Activity: Only one span of the listing below should come back. It runs from the line with "pub fn begin(alloc: Global, op: BinaryOp, place: u32)" through the line with "fn signed_remainder(alloc: Global, place: u32)", and each of its lines must be reproduced exactly.

Extracted records:
▬▬▬▬▬▬

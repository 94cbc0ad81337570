// The beginning: the tests for traps, the operands without their signs, and for a small divisor the whole division.
ghost use Rattle.std.specs.Prelude.{◌≡◌, ◌∷◌, [], IfOk, codes, pos, true};
ghost use Rattle.wm_ast.specs.declared.operator.BinaryOp.TheVariants.{DivS, DivU, RemS};
ghost use Rattle.wm_ast.specs.Operator.{divides};
ghost use Rattle.cc_line.specs.BlockView.{block_items};
ghost use Rattle.cc_line.specs.Item.{call_when, join, steps_items};
ghost use Rattle.cc_line.specs.Key.{score_trap};
ghost use Rattle.cc_line.specs.Place.{scratch};
ghost use Rattle.cc_line.specs.Step.{set_spot, stop_when, when};
ghost use Rattle.cc_line.specs.View.{conds_view, item_view, items_view, steps_view};
ghost use Rattle.cc_div64.specs.Division as spec;

use crate::line::{
    CHOICE, DIVIDEND_HIGH, DIVIDEND_LOW, DIVISOR_HIGH, DIVISOR_LOW, LEAST, LEFT, ORDER_HIGH,
    ORDER_LOW, REMAINDER_HIGH, REMAINDER_LOW, SIGN, combine, helper, is_number, load, minus, more,
    negative, set, set_act,
};
use crate::small::small;
use cc_line::{Block, Check, Cond, Conds, Item, Scratch, Spot, Step, push_item, push_steps, sum};
use mc_cmd::{Op, Range};
use mc_nbt::Memory;
use std::alloc::Global;
use wm_ast::BinaryOp;

/// The items of the beginning of a division, of the operands in `place` and the three behind it.
///
/// # Errors
///
/// `Memory` where there is no room for them, or the last place's number is 2^32 or more.
pub fn begin(alloc: Global, op: BinaryOp, place: u32) -> Result<Block, Memory>
    requires { divides op ≡ true }
    ensures { IfOk result (λ b. block_items b ≡ spec.begin_items op place) }
{
    match op {
        BinaryOp::DivS => signed_quotient(alloc, place),
        BinaryOp::RemS => signed_remainder(alloc, place),
        BinaryOp::DivU | BinaryOp::RemU => unsigned(alloc, place),
        _ => unreachable!(),
    }
}

fn signed_quotient(alloc: Global, place: u32) -> Result<Block, Memory>
    ensures { IfOk result (λ b. block_items b ≡ spec.begin_items DivS place) }
{
    let mut items = load_operands(alloc, place)?;
    push_steps(&trap_by_zero(), &mut items)?;
    push_steps(&count_greatest(), &mut items)?;
    push_steps(&trap_too_great(), &mut items)?;
    push_steps(&quotient_sign(), &mut items)?;
    Block::of(items)?
        .join(unsigned_both(alloc)?)?
        .join(prepare(alloc)?)
}

fn signed_remainder(alloc: Global, place: u32) -> Result<Block, Memory>
    ensures { IfOk result (λ b. block_items b ≡ spec.begin_items RemS place) }
{
    let mut items = load_operands(alloc, place)?;
    push_steps(&trap_by_zero(), &mut items)?;
    push_steps(&remainder_sign(), &mut items)?;
    Block::of(items)?
        .join(unsigned_both(alloc)?)?
        .join(prepare(alloc)?)
}

fn unsigned(alloc: Global, place: u32) -> Result<Block, Memory>
    ensures { IfOk result (λ b. block_items b ≡ spec.begin_items DivU place) }
{
    let mut items = load_operands(alloc, place)?;
    push_steps(&trap_by_zero(), &mut items)?;
    Block::of(items)?.join(prepare(alloc)?)
}

fn load_operands(alloc: Global, place: u32) -> Result<Vec<Item>, Memory>
    ensures { IfOk result (λ v. items_view v.items ≡ steps_items (spec.load_steps place)) }
{
    let second = sum(place, 1)?;
    let third = sum(place, 2)?;
    let fourth = sum(place, 3)?;
    let steps = [
        load(Scratch::D, place),
        load(Scratch::E, second),
        load(Scratch::M, third),
        load(Scratch::N, fourth),
    ];
    helper(alloc, &steps)
}

// ---- traps

fn trap_by_zero() -> [Step; 2]
    ensures { steps_view result
        ≡ when spec.by_zero (set_spot (scratch score_trap) (pos 2)) ∷ (stop_when spec.by_zero ∷ []) }
{
    trap(
        Conds::Two(is_number(DIVISOR_LOW, 0), is_number(DIVISOR_HIGH, 0)),
        2,
    )
}

fn trap_too_great() -> [Step; 2]
    ensures { steps_view result
        ≡ when spec.too_great (set_spot (scratch score_trap) (pos 3)) ∷ (stop_when spec.too_great ∷ []) }
{
    trap(Conds::One(is_number(CHOICE, 2)), 3)
}

fn trap(conds: Conds, number: i32) -> [Step; 2]
    ensures { steps_view result
        ≡ when (conds_view conds) (set_spot (scratch score_trap) number) ∷ (stop_when (conds_view conds) ∷ []) }
{
    [
        Step::When(conds, set_act(Spot::Scratch(Scratch::Trap), number)),
        Step::StopWhen(conds),
    ]
}

// Whether the divisor is -1, and besides whether the dividend is the least number.
fn count_greatest() -> [Step; 3]
    ensures { steps_view result ≡ spec.count_greatest }
{
    let is_minus_one = Conds::Two(is_number(DIVISOR_LOW, -1), is_number(DIVISOR_HIGH, -1));
    let is_least = Conds::Two(
        is_number(DIVIDEND_LOW, 0),
        is_number(DIVIDEND_HIGH, i32::MIN),
    );
    [
        set(CHOICE, 0),
        Step::When(is_minus_one, set_act(CHOICE, 1)),
        Step::When(is_least, more(CHOICE)),
    ]
}

// ---- signs

fn remainder_sign() -> [Step; 2]
    ensures { steps_view result ≡ spec.remainder_sign }
{
    [
        set(SIGN, 0),
        Step::When(Conds::One(negative(DIVIDEND_HIGH)), set_act(SIGN, 1)),
    ]
}

fn quotient_sign() -> [Step; 3]
    ensures { steps_view result ≡ spec.quotient_sign }
{
    [
        set(SIGN, 0),
        Step::When(Conds::One(negative(DIVIDEND_HIGH)), set_act(SIGN, 1)),
        Step::When(Conds::One(negative(DIVISOR_HIGH)), more(SIGN)),
    ]
}

// The calls that take both signs away.
fn unsigned_both(alloc: Global) -> Result<Block, Memory>
    ensures { IfOk result (λ b. block_items b ≡ join (spec.minus_dividend (spec.negative spec.dividend_high ∷ []))
        (spec.minus_divisor (spec.negative spec.divisor_high ∷ []))) }
{
    let mut items = Vec::new(alloc);
    push_item(minus_dividend(alloc)?, &mut items)?;
    push_item(minus_divisor(alloc)?, &mut items)?;
    Block::of(items)
}

fn minus_dividend(alloc: Global) -> Result<Item, Memory>
    ensures { IfOk result (λ x. item_view x ≡ call_when (spec.negative spec.dividend_high ∷ []) (codes "h_cc_div_minus")
        (steps_items (spec.minus_steps spec.dividend_low spec.dividend_high))) }
{
    let called = helper(alloc, &minus(DIVIDEND_LOW, DIVIDEND_HIGH))?;
    Ok(Item::call_when(
        Conds::One(negative(DIVIDEND_HIGH)),
        "h_cc_div_minus",
        called,
    ))
}

fn minus_divisor(alloc: Global) -> Result<Item, Memory>
    ensures { IfOk result (λ x. item_view x ≡ call_when (spec.negative spec.divisor_high ∷ []) (codes "h_cc_div_minus_by")
        (steps_items (spec.minus_steps spec.divisor_low spec.divisor_high))) }
{
    let called = helper(alloc, &minus(DIVISOR_LOW, DIVISOR_HIGH))?;
    Ok(Item::call_when(
        Conds::One(negative(DIVISOR_HIGH)),
        "h_cc_div_minus_by",
        called,
    ))
}

// ---- what the turns need

fn turn_scores() -> [Step; 8]
    ensures { steps_view result ≡ spec.turn_scores }
{
    [
        set(LEAST, i32::MIN),
        combine(ORDER_LOW, Op::Assign, DIVISOR_LOW),
        combine(ORDER_LOW, Op::Add, LEAST),
        combine(ORDER_HIGH, Op::Assign, DIVISOR_HIGH),
        combine(ORDER_HIGH, Op::Add, LEAST),
        set(REMAINDER_LOW, 0),
        set(REMAINDER_HIGH, 0),
        set(LEFT, 8),
    ]
}

fn short() -> [Step; 3]
    ensures { steps_view result ≡ spec.short_steps }
{
    [
        set(LEFT, 4),
        combine(DIVIDEND_HIGH, Op::Assign, DIVIDEND_LOW),
        set(DIVIDEND_LOW, 0),
    ]
}

fn by_small() -> Conds
    ensures { conds_view result ≡ spec.by_small }
{
    let below = Cond::Holds(Check::InRange(DIVISOR_LOW, Range::Both(1, 32_767)));
    Conds::Two(is_number(DIVISOR_HIGH, 0), below)
}

fn of_short() -> Conds
    ensures { conds_view result ≡ spec.of_short }
{
    Conds::Two(is_number(LEFT, 8), is_number(DIVIDEND_HIGH, 0))
}

fn small_call(alloc: Global) -> Result<Item, Memory>
    ensures { IfOk result (λ x. item_view x ≡ call_when spec.by_small (codes "h_cc_div_small")
        (steps_items spec.small_steps)) }
{
    Ok(Item::call_when(by_small(), "h_cc_div_small", small(alloc)?))
}

fn short_call(alloc: Global) -> Result<Item, Memory>
    ensures { IfOk result (λ x. item_view x ≡ call_when spec.of_short (codes "h_cc_div_short")
        (steps_items spec.short_steps)) }
{
    let called = helper(alloc, &short())?;
    Ok(Item::call_when(of_short(), "h_cc_div_short", called))
}

fn prepare(alloc: Global) -> Result<Block, Memory>
    ensures { IfOk result (λ b. block_items b ≡ spec.prepare) }
{
    let mut items = helper(alloc, &turn_scores())?;
    push_item(small_call(alloc)?, &mut items)?;
    push_item(short_call(alloc)?, &mut items)?;
    Block::of(items)
}
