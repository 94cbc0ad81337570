// A law of the states that a world shows: the contract of the function is the law, and it does nothing.
ghost use Rattle.pk_sight.specs.Law.{StatesAgree};

/// Law: all states that a world shows have the same places, the same scores that are no places, and the same trees
/// under all keys but the frame's.
pub fn states_agree()
    ensures { StatesAgree }
{}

▬▬▬▬▬▬

Written answer:
pub fn begin(alloc: Global, op: BinaryOp, place: u32) -> Result<Block, Memory>
    requires { divides op ≡ true }
    ensures { IfOk result (λ b. block_items b ≡ spec.begin_items op place) }
{
    match op {
        BinaryOp::DivS => signed_quotient(alloc, place),
        BinaryOp::RemS => signed_remainder(alloc, place),
        BinaryOp::DivU | BinaryOp::RemU => unsigned(alloc, place),
        _ => unreachable!(),
    }
}

fn signed_quotient(alloc: Global, place: u32) -> Result<Block, Memory>
    ensures { IfOk result (λ b. block_items b ≡ spec.begin_items DivS place) }
{
    let mut items = load_operands(alloc, place)?;
    push_steps(&trap_by_zero(), &mut items)?;
    push_steps(&count_greatest(), &mut items)?;
    push_steps(&trap_too_great(), &mut items)?;
    push_steps(&quotient_sign(), &mut items)?;
    Block::of(items)?
        .join(unsigned_both(alloc)?)?
        .join(prepare(alloc)?)
}

fn signed_remainder(alloc: Global, place: u32) -> Result<Block, Memory>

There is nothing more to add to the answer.